Special issue: Risk and uncertainty estimation in natural hazards

Nat. Hazards Earth Syst. Sci., 18, 969-982, 2018
https://doi.org/10.5194/nhess-18-969-2018
© Author(s) 2018. This work is distributed under
the Creative Commons Attribution 3.0 License.

Research article 27 Mar 2018

Research article | 27 Mar 2018

A physics-based probabilistic forecasting model for rainfall-induced shallow landslides at regional scale

Shaojie Zhang1, Luqiang Zhao2, Ricardo Delgado-Tellez3, and Hongjun Bao4 Shaojie Zhang et al.
  • 1Key Laboratory of Mountain Hazards and Earth Surface Process, Institute of Mountain Hazards and Environment, Chinese Academy of Sciences, Chengdu 610041, China
  • 2Public Meteorological Service Center, China Meteorological Administration, Beijing 100081, China
  • 3Nipe Sagua Baracoa Mountain Office, Ministry of Science, Technology and Environment of Cuba, Guantanamo, Cuba
  • 4National Meteorological Center, China Meteorological Administration, Beijing 100081, China

Abstract. Conventional outputs of physics-based landslide forecasting models are presented as deterministic warnings by calculating the safety factor (Fs) of potentially dangerous slopes. However, these models are highly dependent on variables such as cohesion force and internal friction angle which are affected by a high degree of uncertainty especially at a regional scale, resulting in unacceptable uncertainties of Fs. Under such circumstances, the outputs of physical models are more suitable if presented in the form of landslide probability values. In order to develop such models, a method to link the uncertainty of soil parameter values with landslide probability is devised. This paper proposes the use of Monte Carlo methods to quantitatively express uncertainty by assigning random values to physical variables inside a defined interval.
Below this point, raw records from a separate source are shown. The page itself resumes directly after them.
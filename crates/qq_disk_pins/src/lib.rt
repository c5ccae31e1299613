//! Laws of disks and logs in words of their own, so that none of the definitions that say what an image, a lane
//! and a recovery are can be weakened alone.
#![tactic(auto)]

mod begun;
mod bytes;
mod calls;
mod crashes;
mod images;
mod lanes;
mod moments;
mod read;
mod readings;
mod unread;
mod worn_disk;

pub use begun::{a_new_log_is_ready, a_recovered_log_goes_on_behind_what_was_read};
pub use bytes::{a_segment_has_an_entry_of_its_log, what_is_read_stands_there};
pub use calls::{
    a_new_file_goes_on_from_the_old_one, a_replaced_file_is_named_no_more,
    an_append_takes_what_fits, appends_and_syncs_stay_in_their_file,
};
pub use crashes::{
    a_crash_in_memory_leaves_the_named_image, a_new_disk_in_memory_counts_from_nothing,
    listed_calls_of_a_disk_fail,
};
pub use images::{
    a_crash_since_leaves_the_old_bytes, a_named_image_keeps_what_it_names,
    a_removed_file_may_be_back_or_gone, a_synced_file_is_left_whole, images_of_a_file,
    the_newest_log_is_one, what_no_sync_kept_may_be_lost,
};
pub use lanes::{a_lane_tells_its_state, each_queue_with_ops_has_its_lane};
pub use moments::{
    a_removal_takes_one_file, a_sync_changes_no_reading, an_append_adds_a_first_part,
    calls_that_fail_are_calls, out_of_memory_changes_nothing, synced_bytes_stay_whatever_fails,
};
pub use read::{
    a_disk_that_was_only_read_is_as_before, a_readable_disk_gives_what_was_promised,
    each_image_gives_what_was_promised,
};
pub use readings::{a_listing_has_each_file_once, a_read_fills_the_front};
pub use unread::recovery_removes_the_logs_that_it_does_not_read;
pub use worn_disk::WornDisk;
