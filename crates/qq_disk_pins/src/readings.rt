//! Laws of what a disk's calls read: the functions do nothing, and their contracts are the laws.
ghost use Rattle.std.specs.Prelude.{◌≡◌, ◌-◌, ◌↔◌, ℕ, List, min, length, take, drop, Contains};
ghost use Rattle.std.specs.List.Sorted.{IsStrictlySortedBy};
ghost use Rattle.qq_disk.specs.declared.name.FileName.{FileName};
ghost use Rattle.qq_disk.specs.Name.{name_cmp};
ghost use Rattle.qq_disk.specs.Disk.{Disk, IsListed, IsListing, IsRead};

/// A listing has exactly the files that are there, in strictly rising order.
pub fn a_listing_has_each_file_once()
    ensures each { (d : Disk) (names : List FileName) (file : FileName) →
        IsListing d names → Contains names file ↔ IsListed d file }
    ensures rising { (d : Disk) (names : List FileName) →
        IsListing d names → IsStrictlySortedBy name_cmp names }
{}

/// A read puts the bytes from its place on at the buffer's front, as many as there are and fit, and leaves
/// the rest of the buffer.
pub fn a_read_fills_the_front()
    ensures as_many { (bytes : List ℕ) (place count : ℕ) (old new : List ℕ) →
        IsRead bytes place count old new → count ≡ min (length old) (length bytes - place) }
    ensures front { (bytes : List ℕ) (place count : ℕ) (old new : List ℕ) →
        IsRead bytes place count old new → take count new ≡ take count (drop place bytes) }
    ensures rest { (bytes : List ℕ) (place count : ℕ) (old new : List ℕ) →
        IsRead bytes place count old new → drop count new ≡ drop count old }
{}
The inequality Fs < 1 is tested for each pixel in n simulations which are integrated in a unique parameter. This parameter links the landslide probability to the uncertainties of soil mechanical parameters and is used to create a physics-based probabilistic forecasting model for rainfall-induced shallow landslides. The prediction ability of this model was tested in a case study, in which simulated forecasting of landslide disasters associated with heavy rainfalls on 9 July 2013 in the Wenchuan earthquake region of Sichuan province, China, was performed. The proposed model successfully forecasted landslides in 159 of the 176 disaster points registered by the geo-environmental monitoring station of Sichuan province. Such testing results indicate that the new model can be operated in a highly efficient way and show more reliable results, attributable to its high prediction accuracy. Accordingly, the new model can be potentially packaged into a forecasting system for shallow landslides providing technological support for the mitigation of these disasters at regional scale.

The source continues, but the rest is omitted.